- _Data shown_:
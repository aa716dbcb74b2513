//! Jobs and results that are numbers, for boards whose values are made for a limit.

ghost use Rattle.std.specs.Prelude.{◌≡◌, ◌+◌, ◌*◌, ◌%◌, ◌<◌, ◌≤◌};
ghost use Rattle.turn_board.specs.Answers.{EachLane};

use turn_board::{Kept, Six};

/// What the values are made for.
pub const LIMIT: u64 = 1 << 20;

/// How many windows are passed.
pub const WINDOWS: u64 = 1000;

/// A job, made for a limit where its number is below it, and for its number's lane.
#[derive(Drop)]
pub struct Piece {
    /// The number of its ticket.
    pub number: u64,
}

impl Kept<u64> for Piece {
    ghost made_for = { λ limit lane p. (p.number < limit) × (p.number % 6 ≡ lane) };
}

/// Its result, which is one more.
#[derive(Drop)]
pub struct Next {
    /// The number.
    pub number: u64,
}

impl Kept<u64> for Next {
    ghost made_for = { λ limit lane n. (n.number ≤ limit) × ((n.number + 5) % 6 ≡ lane) };
}

/// The jobs of a window, each lane its own.
pub fn pieces(window: u64) -> Six<Piece>
    requires { window < WINDOWS }
    ensures made_for { EachLane (λ lane p. (p.number < LIMIT) × (p.number % 6 ≡ lane)) result }
    ensures numbers { EachLane (λ lane p. p.number ≡ 6 * window + lane) result }
{
    let first = 6 * window;
    Six {
        l0: Piece { number: first },
        l1: Piece { number: first + 1 },
        l2: Piece { number: first + 2 },
        l3: Piece { number: first + 3 },
        l4: Piece { number: first + 4 },
        l5: Piece { number: first + 5 },
    }
}

/// The result of a job.
pub fn next_of(piece: &Piece) -> Next
    requires { piece.now.number < LIMIT }
    ensures { result.number ≡ piece.now.number + 1 }
{
    Next {
        number: piece.number + 1,
    }
}
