//! Tests of runs: windows and their reports, the board of tickets by one thread and by several, snapshots and the debugger.
#![tactic(auto)]

pub mod numbers;
#[cfg(test)]
mod reverse_debug_tests;
#[cfg(test)]
mod snap_ring_tests;
#[cfg(test)]
mod turn_board_tests;
#[cfg(test)]
mod window_merge_tests;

- _Exercise_: Reply with an exact copy of the lines running from the one containing "number: first + 5" through the end of the entries above, both ends included.

- _Task answer_:
        l5: Piece { number: first + 5 },
    }
}

/// The result of a job.
pub fn next_of(piece: &Piece) -> Next
    requires { piece.now.number < LIMIT }
    ensures { result.number ≡ piece.now.number + 1 }
{
    Next {
        number: piece.number + 1,
    }
}
//! Tests of runs: windows and their reports, the board of tickets by one thread and by several, snapshots and the debugger.
#![tactic(auto)]

pub mod numbers;
#[cfg(test)]
mod reverse_debug_tests;
#[cfg(test)]
mod snap_ring_tests;
#[cfg(test)]
mod turn_board_tests;
#[cfg(test)]
mod window_merge_tests;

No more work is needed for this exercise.